Your assignment:
The records that follow should be copied in full, exactly as they read.

The data:
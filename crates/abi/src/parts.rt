//! Steps of a run, and what is asked of a state: its arrays are lent, and nothing is copied.
ghost use Rattle.std.specs.Prelude.{List, ◌≡◌, ℤ, take};
ghost use Rattle.loaded.specs.Loaded.{program_in};
ghost use Rattle.machine.specs.Changes.{change_of};
ghost use Rattle.machine.specs.Frames.{read_of};
ghost use Rattle.machine.specs.Runs.{budget_of, step_of, written};
ghost use Rattle.machine.specs.Searches.{search_of};
ghost use Rattle.machine.specs.States.{over};
ghost use Rattle.machine.specs.Watches.{watched_of};
ghost use Rattle.store.specs.Store.{state_in};
ghost use Rattle.running.specs.Budgets.{answer_of, said_of};
ghost use Rattle.whereabouts.specs.Looks.{look_of};
ghost use Rattle.whereabouts.specs.Where.{where_of};
ghost use Rattle.abi.specs.Answers.{answer_numbers, grant_numbers, said_numbers, search_numbers, watched_numbers, where_numbers};
ghost use Rattle.abi.specs.Exits.{Answers, Rests, Steps, items_in, result_in};
ghost use Rattle.abi.specs.Held.{stored};
ghost use Rattle.abi.specs.Looks.{read_numbers};

use crate::answers;
use crate::answers::{FirAnswer, FirEntry, FirSaid, FirSearched, FirValue, FirWatched, FirWhere};
use machine::{Value, Vector};
use running::{Counted, Pause};

/// Where the status of a state stands among its bytes, and the length of its result; where the result stands among its numbers.
const STATUS: usize = 2626;

const LENGTH: usize = 2627;

const RESULT: usize = 2112;

/// The status of a run that is DONE with a vector.
const VECTOR: u8 = 2;

/// What is said of a run that goes on, and of one that is stuck.
const STEPS: u8 = 0;

const STUCK: u8 = 7;

/// The question to the lent buffer.
const BUFFER: u8 = 13;

/// Whether a state of these bytes goes on under the new image, whatever its numbers are.
pub fn change(old: &[u8], new: &[u8], bytes: &[u8; 2632]) -> FirEntry
    ensures { (n : List ℤ) → result ≡ grant_numbers (change_of old.now new.now (state_in bytes.now n)) }
{
    answers::grant(changes::change(old, new, bytes))
}

/// What the place `place` of the live call `call` holds.
pub fn look<'s>(
    bytes: &'s [u8; 2632],
    numbers: &'s [i64; 2129],
    call: usize,
    place: usize,
) -> FirValue
    ensures { result ≡ read_numbers (read_of (look_of (state_in bytes.now numbers.now) call place)) }
{
    match whereabouts::look(bytes, numbers, call, place) {
        None => answers::outside(),
        Some(v) => answers::value(v),
    }
}

/// Where a state of these bytes stands, whatever its numbers are.
pub fn stand(image: &[u8], table: &[u8], bytes: &[u8; 2632]) -> FirWhere
    ensures { (n : List ℤ) → result ≡ where_numbers (where_of (program_in image.now table.now) (state_in bytes.now n)) }
{
    answers::place(whereabouts::stand(image, table, bytes))
}

/// What the DISPATCH looks at that a state of these bytes stands at, whatever its numbers are.
pub fn search(image: &[u8], table: &[u8], bytes: &[u8; 2632]) -> FirSearched
    ensures { (n : List ℤ) → result ≡ search_numbers (search_of (program_in image.now table.now) (state_in bytes.now n)) }
{
    answers::searched(searches::search(image, table, bytes))
}

/// How many records of a list of `n` are filled, or that it is too short, whatever the state's numbers are.
pub fn watched(image: &[u8], table: &[u8], bytes: &[u8; 2632], n: usize) -> FirWatched
    ensures { (m : List ℤ) → result ≡ watched_numbers (watched_of (program_in image.now table.now) (state_in bytes.now m) n) }
{
    answers::watched(watches::watched(image, table, bytes, n))
}

/// Writes the first `n` items of the result, as many as there are and have a place, from the place 0 on; all else stays.
fn put_items(numbers: &[i64; 2129], n: usize, buffer: &mut [i64])
    ensures { buffer.new ≡ over (take n (result_in numbers.now)) buffer.old }
{
    for j in 0..Vector::ITEMS {
        if n <= j {
            return;
        }
        if buffer.len() <= j {
            return;
        }
        buffer[j] = numbers[RESULT + j];
    }
}

/// Writes the items of the vector that the run is DONE with to the lent buffer, from the place 0 on; all else stays.
pub fn deliver(bytes: &[u8; 2632], numbers: &[i64; 2129], buffer: &mut [i64])
    ensures { buffer.new ≡ over (items_in (state_in bytes.now numbers.now)) buffer.old }
{
    if bytes[STATUS] == VECTOR {
        put_items(numbers, layout::wide(bytes[LENGTH]), buffer);
    }
}

/// What is said of a run that pauses.
pub fn said(pause: Pause, bytes: &[u8; 2632], numbers: &[i64; 2129]) -> FirSaid
    ensures { result ≡ said_numbers (said_of pause (state_in bytes.now numbers.now).status) }
{
    match pause {
        Pause::Steps => answers::plain(STEPS),
        Pause::Ended => answers::ended(bytes, numbers),
        Pause::Stuck => answers::plain(STUCK),
    }
}

/// Writes what a run that pauses leaves for the lent buffer, from the place 0 on; all else stays.
fn leave(pause: Pause, bytes: &[u8; 2632], numbers: &[i64; 2129], buffer: &mut [i64])
    ensures { buffer.new ≡ over (written (state_in bytes.now numbers.now).result
        (answer_of pause (state_in bytes.now numbers.now).status)) buffer.old }
{
    match pause {
        Pause::Steps => {}
        Pause::Ended => deliver(bytes, numbers, buffer),
        Pause::Stuck => {}
    }
}

/// The answer to a budget that pauses, and what it leaves for the lent buffer.
pub fn answered(
    counted: Counted,
    bytes: &[u8; 2632],
    numbers: &[i64; 2129],
    buffer: &mut [i64],
) -> FirAnswer
    ensures { (result ≡ answer_numbers (answer_of counted.pause (state_in bytes.now numbers.now).status) counted.steps)
        × (buffer.new ≡ over (written (state_in bytes.now numbers.now).result
        (answer_of counted.pause (state_in bytes.now numbers.now).status)) buffer.old) }
{
    let pause = counted.pause;
    leave(pause, bytes, numbers, buffer);
    let said = said(pause, bytes, numbers);
    answers::taken(said, counted.steps)
}

/// A single step.
pub fn step<'s>(
    image: &[u8],
    table: &[u8],
    bytes: &'s mut [u8; 2632],
    numbers: &'s mut [i64; 2129],
) -> FirSaid
    ensures { Steps result (step_of (program_in image.now table.now) (state_in bytes.old numbers.old))
        (stored bytes.old numbers.old) (stored bytes.new numbers.new) }
{
    let pause = running::step(image, table, bytes, numbers);
    said(pause, bytes, numbers)
}

/// At most `budget` steps, after question 13 to the lent buffer.
pub fn budget<'s>(
    image: &[u8],
    table: &[u8],
    budget: u32,
    buffer: &mut [i64],
    bytes: &'s mut [u8; 2632],
    numbers: &'s mut [i64; 2129],
) -> FirAnswer
    ensures { Answers result (budget_of (program_in image.now table.now) (state_in bytes.old numbers.old) budget buffer.old)
        (stored bytes.old numbers.old) (stored bytes.new numbers.new) buffer.old buffer.new
        × Rests budget (budget_of (program_in image.now table.now) (state_in bytes.old numbers.old) budget buffer.old)
        (stored bytes.old numbers.old) (stored bytes.new numbers.new) }
{
    if buffer.len() < Vector::ITEMS {
        return answers::refused(BUFFER, 0);
    }
    let counted = running::resume(image, table, bytes, numbers, budget);
    answered(counted, bytes, numbers, buffer)
}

Answer to this problem:
filename crates/abi/src/parts.rt
//! Steps of a run, and what is asked of a state: its arrays are lent, and nothing is copied.
ghost use Rattle.std.specs.Prelude.{List, ◌≡◌, ℤ, take};
ghost use Rattle.loaded.specs.Loaded.{program_in};
ghost use Rattle.machine.specs.Changes.{change_of};
ghost use Rattle.machine.specs.Frames.{read_of};
ghost use Rattle.machine.specs.Runs.{budget_of, step_of, written};
ghost use Rattle.machine.specs.Searches.{search_of};
ghost use Rattle.machine.specs.States.{over};
ghost use Rattle.machine.specs.Watches.{watched_of};
ghost use Rattle.store.specs.Store.{state_in};
ghost use Rattle.running.specs.Budgets.{answer_of, said_of};
ghost use Rattle.whereabouts.specs.Looks.{look_of};
ghost use Rattle.whereabouts.specs.Where.{where_of};
ghost use Rattle.abi.specs.Answers.{answer_numbers, grant_numbers, said_numbers, search_numbers, watched_numbers, where_numbers};
ghost use Rattle.abi.specs.Exits.{Answers, Rests, Steps, items_in, result_in};
ghost use Rattle.abi.specs.Held.{stored};
ghost use Rattle.abi.specs.Looks.{read_numbers};

use crate::answers;
use crate::answers::{FirAnswer, FirEntry, FirSaid, FirSearched, FirValue, FirWatched, FirWhere};
use machine::{Value, Vector};
use running::{Counted, Pause};

/// Where the status of a state stands among its bytes, and the length of its result; where the result stands among its numbers.
const STATUS: usize = 2626;

const LENGTH: usize = 2627;

const RESULT: usize = 2112;

/// The status of a run that is DONE with a vector.
const VECTOR: u8 = 2;

/// What is said of a run that goes on, and of one that is stuck.
const STEPS: u8 = 0;

const STUCK: u8 = 7;

/// The question to the lent buffer.
const BUFFER: u8 = 13;

/// Whether a state of these bytes goes on under the new image, whatever its numbers are.
pub fn change(old: &[u8], new: &[u8], bytes: &[u8; 2632]) -> FirEntry
    ensures { (n : List ℤ) → result ≡ grant_numbers (change_of old.now new.now (state_in bytes.now n)) }
{
    answers::grant(changes::change(old, new, bytes))
}

/// What the place `place` of the live call `call` holds.
pub fn look<'s>(
    bytes: &'s [u8; 2632],
    numbers: &'s [i64; 2129],
    call: usize,
    place: usize,
) -> FirValue
    ensures { result ≡ read_numbers (read_of (look_of (state_in bytes.now numbers.now) call place)) }
{
    match whereabouts::look(bytes, numbers, call, place) {
        None => answers::outside(),
        Some(v) => answers::value(v),
    }
}

/// Where a state of these bytes stands, whatever its numbers are.
pub fn stand(image: &[u8], table: &[u8], bytes: &[u8; 2632]) -> FirWhere
    ensures { (n : List ℤ) → result ≡ where_numbers (where_of (program_in image.now table.now) (state_in bytes.now n)) }
{
    answers::place(whereabouts::stand(image, table, bytes))
}

/// What the DISPATCH looks at that a state of these bytes stands at, whatever its numbers are.
pub fn search(image: &[u8], table: &[u8], bytes: &[u8; 2632]) -> FirSearched
    ensures { (n : List ℤ) → result ≡ search_numbers (search_of (program_in image.now table.now) (state_in bytes.now n)) }
{
    answers::searched(searches::search(image, table, bytes))
}

/// How many records of a list of `n` are filled, or that it is too short, whatever the state's numbers are.
pub fn watched(image: &[u8], table: &[u8], bytes: &[u8; 2632], n: usize) -> FirWatched
    ensures { (m : List ℤ) → result ≡ watched_numbers (watched_of (program_in image.now table.now) (state_in bytes.now m) n) }
{
    answers::watched(watches::watched(image, table, bytes, n))
}

/// Writes the first `n` items of the result, as many as there are and have a place, from the place 0 on; all else stays.
fn put_items(numbers: &[i64; 2129], n: usize, buffer: &mut [i64])
    ensures { buffer.new ≡ over (take n (result_in numbers.now)) buffer.old }
{
    for j in 0..Vector::ITEMS {
        if n <= j {
            return;
        }
        if buffer.len() <= j {
            return;
        }
        buffer[j] = numbers[RESULT + j];
    }
}

/// Writes the items of the vector that the run is DONE with to the lent buffer, from the place 0 on; all else stays.
pub fn deliver(bytes: &[u8; 2632], numbers: &[i64; 2129], buffer: &mut [i64])
    ensures { buffer.new ≡ over (items_in (state_in bytes.now numbers.now)) buffer.old }
{
    if bytes[STATUS] == VECTOR {
        put_items(numbers, layout::wide(bytes[LENGTH]), buffer);
    }
}

/// What is said of a run that pauses.
pub fn said(pause: Pause, bytes: &[u8; 2632], numbers: &[i64; 2129]) -> FirSaid
    ensures { result ≡ said_numbers (said_of pause (state_in bytes.now numbers.now).status) }
{
    match pause {
        Pause::Steps => answers::plain(STEPS),
        Pause::Ended => answers::ended(bytes, numbers),
        Pause::Stuck => answers::plain(STUCK),
    }
}

/// Writes what a run that pauses leaves for the lent buffer, from the place 0 on; all else stays.
fn leave(pause: Pause, bytes: &[u8; 2632], numbers: &[i64; 2129], buffer: &mut [i64])
    ensures { buffer.new ≡ over (written (state_in bytes.now numbers.now).result
        (answer_of pause (state_in bytes.now numbers.now).status)) buffer.old }
{
    match pause {
        Pause::Steps => {}
        Pause::Ended => deliver(bytes, numbers, buffer),
        Pause::Stuck => {}
    }
}

/// The answer to a budget that pauses, and what it leaves for the lent buffer.
pub fn answered(
    counted: Counted,
    bytes: &[u8; 2632],
    numbers: &[i64; 2129],
    buffer: &mut [i64],
) -> FirAnswer
    ensures { (result ≡ answer_numbers (answer_of counted.pause (state_in bytes.now numbers.now).status) counted.steps)
        × (buffer.new ≡ over (written (state_in bytes.now numbers.now).result
        (answer_of counted.pause (state_in bytes.now numbers.now).status)) buffer.old) }
{
    let pause = counted.pause;
    leave(pause, bytes, numbers, buffer);
    let said = said(pause, bytes, numbers);
    answers::taken(said, counted.steps)
}

/// A single step.
pub fn step<'s>(
    image: &[u8],
    table: &[u8],
    bytes: &'s mut [u8; 2632],
    numbers: &'s mut [i64; 2129],
) -> FirSaid
    ensures { Steps result (step_of (program_in image.now table.now) (state_in bytes.old numbers.old))
        (stored bytes.old numbers.old) (stored bytes.new numbers.new) }
{
    let pause = running::step(image, table, bytes, numbers);
    said(pause, bytes, numbers)
}

/// At most `budget` steps, after question 13 to the lent buffer.
pub fn budget<'s>(
    image: &[u8],
    table: &[u8],
    budget: u32,
    buffer: &mut [i64],
    bytes: &'s mut [u8; 2632],
    numbers: &'s mut [i64; 2129],
) -> FirAnswer
    ensures { Answers result (budget_of (program_in image.now table.now) (state_in bytes.old numbers.old) budget buffer.old)
        (stored bytes.old numbers.old) (stored bytes.new numbers.new) buffer.old buffer.new
        × Rests budget (budget_of (program_in image.now table.now) (state_in bytes.old numbers.old) budget buffer.old)
        (stored bytes.old numbers.old) (stored bytes.new numbers.new) }
{
    if buffer.len() < Vector::ITEMS {
        return answers::refused(BUFFER, 0);
    }
    let counted = running::resume(image, table, bytes, numbers, budget);
    answered(counted, bytes, numbers, buffer)
}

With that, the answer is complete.